UCLA economist Harold Demsetz warns of nirvana policy mistakes when playing God.  People engaging in nirvana policies make three mistakes.

First is the belief the grass will be greener on the other side, second a belief in free lunches and third, people could be different.  Anyone proposing policy that relies on any of these nirvana views will be disappointed.

Tax debates often revolve around people being different.  Can people be different?  Probably not.

In tax debates there are all sorts of conflicting visions of humanity.  Those who prefer lower levels of taxation are pilloried as being selfish, anti-social, greedy, and the like.  While the beneficiaries of taxation are described as the poor, the disadvantaged, the disabled, and so on.

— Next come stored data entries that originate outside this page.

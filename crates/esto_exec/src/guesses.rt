//! How many rows gets give, about. Nothing rests on it but speed, so nothing here says what it gives.
ghost use Rattle.std.specs.Prelude.{map};
ghost use Rattle.esto_exec.specs.Runnable.{AreRunnable};

use crate::turns::{Prepared, SoFar, links_at, nothing_done};
use esto_columns::Rows;
use esto_guess::guessed_count;
use esto_order::{Cell, Edge, FanOut};
use esto_steps::{Link, Source, Whole};
use esto_term::{List, OutOfMemory, Values};
use std::alloc::Global;

/// The rows that the get of the number reads, if it is there and has no inputs.
fn rows_read<'a, F: Whole>(steps: &Prepared, fragments: &'a [F], number: usize) -> Option<&'a Rows>
    requires { AreRunnable (map F.shape fragments.now) steps.now.gets.now }
{
    if number >= steps.gets.len() {
        return None;
    }
    let get = steps.gets.item(number);
    if !get.inputs.is_empty() {
        return None;
    }
    Some(fragments[get.fragment].whole())
}

/// How many rows a get with inputs is taken to give for so many that lead to it: a quarter more, from four on, since no look
/// tells that it gives one each. So of the gets that can come next, one of which a look tells it comes first.
fn asked_of(count: usize) -> usize {
    count.saturating_add(count / 4)
}

/// How many rows there are about once the get of the number is joined. What one with inputs gives is not looked at.
pub(crate) fn rows_after<F: Whole>(
    alloc: Global,
    steps: &Prepared,
    fragments: &[F],
    number: usize,
    so_far: &SoFar,
) -> Result<usize, OutOfMemory>
    requires { AreRunnable (map F.shape fragments.now) steps.now.gets.now }
{
    let Some(table) = rows_read(steps, fragments, number) else {
        return Ok(asked_of(so_far.rows.len()));
    };
    let links = links_at(alloc, number, &so_far.done, &so_far.places, steps.equations)?;
    guessed_count(alloc, &links, table, &so_far.rows)
}

/// How many followers the rows have in all among those of the table, which follow a row if they hold its code of the
/// one column in the other.
fn count_followers(
    alloc: Global,
    rows: &Rows,
    one: usize,
    table: &Rows,
    other: usize,
) -> Result<usize, OutOfMemory> {
    let mut links = List::new(alloc);
    links.push(Link {
        column: other,
        source: Source::Cell(one),
    })?;
    guessed_count(alloc, &links, table, rows)
}

/// That part of the followers which is left where of the rows of the table only so many count.
fn part_of(followers: usize, size: usize, table: &Rows) -> usize {
    followers.saturating_mul(size) / table.len().max(1)
}

/// How many rows the get of the number gives by itself, by the sizes of all.
fn size_at(sizes: &Values<usize>, number: usize) -> usize {
    match sizes.items().get(number) {
        Some(size) => *size,
        None => usize::MAX,
    }
}

/// Followers that were counted: those of rows with the one column among the rows with the other.
#[derive(Clone, Copy)]
struct Counted {
    one: StoredColumn,
    other: StoredColumn,
    followers: usize,
}

/// A column of the rows of a fragment, which has a number.
#[derive(Clone, Copy)]
struct StoredColumn {
    fragment: usize,
    column: usize,
}

/// The column that the cell is of.
fn stored(steps: &Prepared, cell: &Cell) -> StoredColumn {
    let fragment = match steps.gets.items().get(cell.get) {
        Some(get) => get.fragment,
        None => usize::MAX,
    };
    StoredColumn {
        fragment,
        column: cell.column,
    }
}

/// Whether the columns are one.
fn are_one(one: &StoredColumn, other: &StoredColumn) -> bool {
    one.fragment == other.fragment && one.column == other.column
}

/// The followers of rows with the one column among those with the other, if they were counted.
fn found(counted: &List<Counted>, one: &StoredColumn, other: &StoredColumn) -> Option<usize> {
    'counted: for it in counted.items() {
        if are_one(&it.one, one) && are_one(&it.other, other) {
            return Some(it.followers);
        }
    }
    None
}

/// How many followers the rows have in all among those of the table by the columns, which is counted once.
fn followers_of(
    alloc: Global,
    rows: &Rows,
    one: StoredColumn,
    table: &Rows,
    other: StoredColumn,
    counted: &mut List<Counted>,
) -> Result<usize, OutOfMemory> {
    if let Some(followers) = found(counted, &one, &other) {
        return Ok(followers);
    }
    let followers = count_followers(alloc, rows, one.column, table, other.column)?;
    counted.push(Counted {
        one,
        other,
        followers,
    })?;
    Ok(followers)
}

/// How many followers rows with the one cell have among those with the other, by the code that both hold, where each
/// get gives so many rows by itself. A get with inputs is taken to give one row for each row of the get that leads to
/// it, and, where it leads on itself, the codes that the rows of the other one hold.
fn fan_out<F: Whole>(
    alloc: Global,
    steps: &Prepared,
    fragments: &[F],
    sizes: &Values<usize>,
    one: &Cell,
    other: &Cell,
    counted: &mut List<Counted>,
) -> Result<FanOut, OutOfMemory>
    requires { AreRunnable (map F.shape fragments.now) steps.now.gets.now }
{
    let (from, to) = (one.get, other.get);
    let Some(table) = rows_read(steps, fragments, to) else {
        return Ok(FanOut {
            from,
            to,
            rows: 1,
            followers: 1,
        });
    };
    let (rows, cell) = match rows_read(steps, fragments, from) {
        Some(rows) => (rows, one),
        None => (table, other),
    };
    let (one, other) = (stored(steps, cell), stored(steps, other));
    let followers = followers_of(alloc, rows, one, table, other, counted)?;
    Ok(FanOut {
        from,
        to,
        rows: rows.len(),
        followers: part_of(followers, size_at(sizes, to), table),
    })
}

/// Puts how many followers rows have by the edge at the end, each way.
fn push_fan_outs<F: Whole>(
    alloc: Global,
    steps: &Prepared,
    fragments: &[F],
    sizes: &Values<usize>,
    edge: &Edge,
    counted: &mut List<Counted>,
    fan_outs: &mut List<FanOut>,
) -> Result<(), OutOfMemory>
    requires { AreRunnable (map F.shape fragments.now) steps.now.gets.now }
{
    let (one, other) = (&edge.one, &edge.other);
    let there = fan_out(alloc, steps, fragments, sizes, one, other, counted)?;
    let back = fan_out(alloc, steps, fragments, sizes, other, one, counted)?;
    fan_outs.push(there)?;
    fan_outs.push(back)
}

/// How many followers rows have by each of the edges, where each get gives so many rows by itself.
pub(crate) fn fan_outs_of<F: Whole>(
    alloc: Global,
    steps: &Prepared,
    fragments: &[F],
    sizes: &Values<usize>,
    edges: &List<Edge>,
) -> Result<List<FanOut>, OutOfMemory>
    requires { AreRunnable (map F.shape fragments.now) steps.now.gets.now }
{
    let mut counted = List::new(alloc);
    let mut fan_outs = List::new(alloc);
    'edges: for edge in edges.items() {
        push_fan_outs(
            alloc,
            steps,
            fragments,
            sizes,
            edge,
            &mut counted,
            &mut fan_outs,
        )?;
    }
    Ok(fan_outs)
}

/// How many rows each get gives by itself, where nothing is done.
fn sizes_after<F: Whole>(
    alloc: Global,
    steps: &Prepared,
    fragments: &[F],
    nothing: &SoFar,
) -> Result<Values<usize>, OutOfMemory>
    requires { AreRunnable (map F.shape fragments.now) steps.now.gets.now }
{
    let mut sizes = Values::new(alloc);
    'gets: for number in 0..steps.gets.len() {
        sizes.push(rows_after(alloc, steps, fragments, number, nothing)?)?;
    }
    Ok(sizes)
}

/// How many rows each get gives by itself.
pub(crate) fn sizes_of<F: Whole>(
    alloc: Global,
    steps: &Prepared,
    fragments: &[F],
) -> Result<Values<usize>, OutOfMemory>
    requires { AreRunnable (map F.shape fragments.now) steps.now.gets.now }
{
    let nothing = nothing_done(alloc)?;
    sizes_after(alloc, steps, fragments, &nothing)
}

Libertarians have a wonderful term ''taxeater'' to describe the beneficiaries of taxation.

There is a lot of angst and discussion about the need to cut ''middle-class welfare'' and the failure of government (any government) to do so.  Deirdre McCloskey explains why this is so;  the median voter has become a taxeater.

That isn't what we normally imagine.  Most people think that government exists to provide public goods and welfare to the poor and needy.  Most government programs are designed to benefit the middle class;  economists have formalised this idea as ''Director's law''.

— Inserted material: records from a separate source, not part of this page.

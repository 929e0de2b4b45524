//! The run of steps.
ghost use Rattle.std.specs.Prelude.{◌≡◌, ◌↔◌, List, ℕ, length, map, Contains, IfOk};
ghost use Rattle.esto_steps.specs.Meaning.{IsResult};
ghost use Rattle.esto_steps.specs.Rows.{IsRowOf, held_by};
ghost use Rattle.esto_exec.specs.Instead.{given_shape, given_rows};
ghost use Rattle.esto_exec.specs.Runnable.{AreRunnable};
ghost use Rattle.esto_exec.specs.Slots.{equations_from};
ghost use Rattle.esto_exec.specs.Turns.{AreArities};

use crate::order::graph_of;
use crate::reading::{Readings, readings_of};
use crate::result::{prepared_result, result_over};
use crate::slots::{Equations, equations_of};
use crate::turns::{Prepared, arities_of};
use esto_columns::Rows;
use esto_order::asks_beforehand;
use esto_steps::{Gets, Sources, Steps, Whole};
use esto_term::{OutOfMemory, Places, Replicate};
use std::alloc::Global;

/// The result of the steps, joined get by get.
fn joined_result<F: Whole>(
    alloc: Global,
    steps: &Steps,
    fragments: &[F],
) -> Result<Rows, OutOfMemory>
    requires { AreRunnable (map F.shape fragments.now) steps.now.gets }
    ensures arity { IfOk result (λ it. it.arity ≡ length steps.now.head) }
    ensures rows { IfOk result (λ it. (row : List ℕ) → Contains it.rows row
        ↔ IsResult (IsRowOf (held_by (map F.rows fragments.now))) steps.now row) }
{
    let arities = arities_of(alloc, &steps.gets, fragments)?;
    result_over(alloc, steps, &arities, fragments)
}

/// The result of the gets over what they read.
fn result_of_readings<'a, F: Whole>(
    alloc: Global,
    head: &Sources,
    readings: &Readings<'a, F>,
) -> Result<Rows, OutOfMemory>
    requires { AreRunnable (map (given_shape F.shape) readings.now.given) readings.now.gets }
    ensures arity { IfOk result (λ it. it.arity ≡ length head.now) }
    ensures rows { IfOk result (λ it. (row : List ℕ) → Contains it.rows row
        ↔ IsResult (IsRowOf (held_by (map (given_rows F.rows) readings.now.given)))
        (record { gets = readings.now.gets; head = head.now }) row) }
{
    let gets = readings.gets.copy(alloc)?;
    let head = head.copy(alloc)?;
    let steps = Steps { gets, head };
    joined_result(alloc, &steps, readings.given.items())
}

/// The result of the steps, where the gets that have inputs are asked beforehand, as far as they can be.
fn result_beforehand<F: Whole>(
    alloc: Global,
    steps: &Prepared,
    fragments: &[F],
) -> Result<Rows, OutOfMemory>
    requires runnable { AreRunnable (map F.shape fragments.now) steps.now.gets.now }
    requires arities { AreArities (IsRowOf (held_by (map F.rows fragments.now))) steps.now.gets.now
        steps.now.arities.now }
    requires equations { steps.now.equations.now
        ≡ equations_from steps.now.arities.now 0 steps.now.gets.now }
    ensures arity { IfOk result (λ it. it.arity ≡ length steps.now.head.now) }
    ensures rows { IfOk result (λ it. (row : List ℕ) → Contains it.rows row
        ↔ IsResult (IsRowOf (held_by (map F.rows fragments.now)))
        (record { gets = steps.now.gets.now; head = steps.now.head.now }) row) }
{
    let readings = readings_of(alloc, steps, fragments)?;
    result_of_readings(alloc, steps.head, &readings)
}

/// The result of the steps: with gets that are asked beforehand where links don't lead on without that, else get by
/// get.
fn result_by<F: Whole>(
    alloc: Global,
    steps: &Steps,
    arities: &Places,
    equations: &Equations,
    fragments: &[F],
) -> Result<Rows, OutOfMemory>
    requires runnable { AreRunnable (map F.shape fragments.now) steps.now.gets }
    requires arities { AreArities (IsRowOf (held_by (map F.rows fragments.now))) steps.now.gets
        arities.now }
    requires equations { equations.now ≡ equations_from arities.now 0 steps.now.gets }
    ensures arity { IfOk result (λ it. it.arity ≡ length steps.now.head) }
    ensures rows { IfOk result (λ it. (row : List ℕ) → Contains it.rows row
        ↔ IsResult (IsRowOf (held_by (map F.rows fragments.now))) steps.now row) }
{
    let prepared = Prepared {
        gets: &steps.gets,
        head: &steps.head,
        arities,
        equations,
        first: None,
    };
    let graph = graph_of(alloc, &prepared)?;
    if asks_beforehand(alloc, &graph)? {
        return result_beforehand(alloc, &prepared, fragments);
    }
    prepared_result(alloc, steps, arities, equations, fragments)
}

/// The result of the steps, where gets give rows of these arities.
fn result_with<F: Whole>(
    alloc: Global,
    steps: &Steps,
    arities: &Places,
    fragments: &[F],
) -> Result<Rows, OutOfMemory>
    requires runnable { AreRunnable (map F.shape fragments.now) steps.now.gets }
    requires arities { AreArities (IsRowOf (held_by (map F.rows fragments.now))) steps.now.gets
        arities.now }
    ensures arity { IfOk result (λ it. it.arity ≡ length steps.now.head) }
    ensures rows { IfOk result (λ it. (row : List ℕ) → Contains it.rows row
        ↔ IsResult (IsRowOf (held_by (map F.rows fragments.now))) steps.now row) }
{
    let equations = equations_of(alloc, arities, &steps.gets)?;
    result_by(alloc, steps, arities, &equations, fragments)
}

/// Runs the steps over the fragments, which a get names by number and asks in one of their ways. The rows, read as a
/// set, are exactly what the steps mean over the rows of the fragments, so they rest on those fragments alone that the
/// steps name. The gets are joined in an order of the executor's own, in which each link is read either way. A get
/// without inputs reads the rows of its fragment where they stand. Where the gets fall into fewer parts once inputs are
/// read as filters, or all hang together and some that can come first have to hold a constant, but none of these leads
/// to all others, gets with inputs are asked beforehand, by the rows of the gets that their inputs lead back to, and
/// what they give is joined in any order. Rows are joined by an index, one that they have or one that is made for the
/// join, and of a joined row only those cells are kept that are still needed.
pub fn run_plan<F: Whole>(
    alloc: Global,
    steps: &Steps,
    fragments: &[F],
) -> Result<Rows, OutOfMemory>
    requires { AreRunnable (map F.shape fragments.now) steps.now.gets }
    ensures arity { IfOk result (λ it. it.arity ≡ length steps.now.head) }
    ensures rows { IfOk result (λ it. (row : List ℕ) → Contains it.rows row
        ↔ IsResult (IsRowOf (held_by (map F.rows fragments.now))) steps.now row) }
{
    let arities = arities_of(alloc, &steps.gets, fragments)?;
    result_with(alloc, steps, &arities, fragments)
}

McCloskey demonstrates this with a very simple example.  She asks if one-quarter of the US government tax take went to poor Americans how much money would they receive.  Some back of the envelope calculations show that each poor American would receive US$30,000 -- for a family of four that would be $120,000.

In other words, there would be no poor people if government was really redistributing income to the poor.

Is there an equivalent Australian number?  This coming financial year the federal government plans to raise $342 billion and spend $362 billion.  Assuming the Smith Family are correct and about 13 percent of Australians live in poverty, the McCloskey calculation for Australia is about $28,500 per person.

Putting that number into context, the federal government spends more than 25% of its budget on welfare.

The biggest beneficiary of taxation is government employees and the middle class -- home of the median voter (and, dare I say it, university professors).

The tax churn that Peter Saunders, of the Centre for Independent Studies, so eloquently warned us about is no longer a bug in the tax system;  it is a feature of our democracy.

Many voters believe they are getting a bargain from the government (and given the distortions in the tax system, they very often are getting a bargain).

Voters are victims of fiscal illusion -- a set of strategies that the state adopts in the hope of altering voters' fiscal consciousness.

In particular the state hopes to convince voters that the tax burden isn't nearly as onerous as it is, while the benefits of public spending are greater than they are.

Those who complain about excessive middle-class welfare and the need to cut it out are quite right;  it is wasteful and unnecessary.

But they seldom offer coherent strategies, beyond vague references to ''leadership'' and ''the need for tough decisions'', to convince the middle class, and the median voter, that they need to pay more tax or use fewer government services.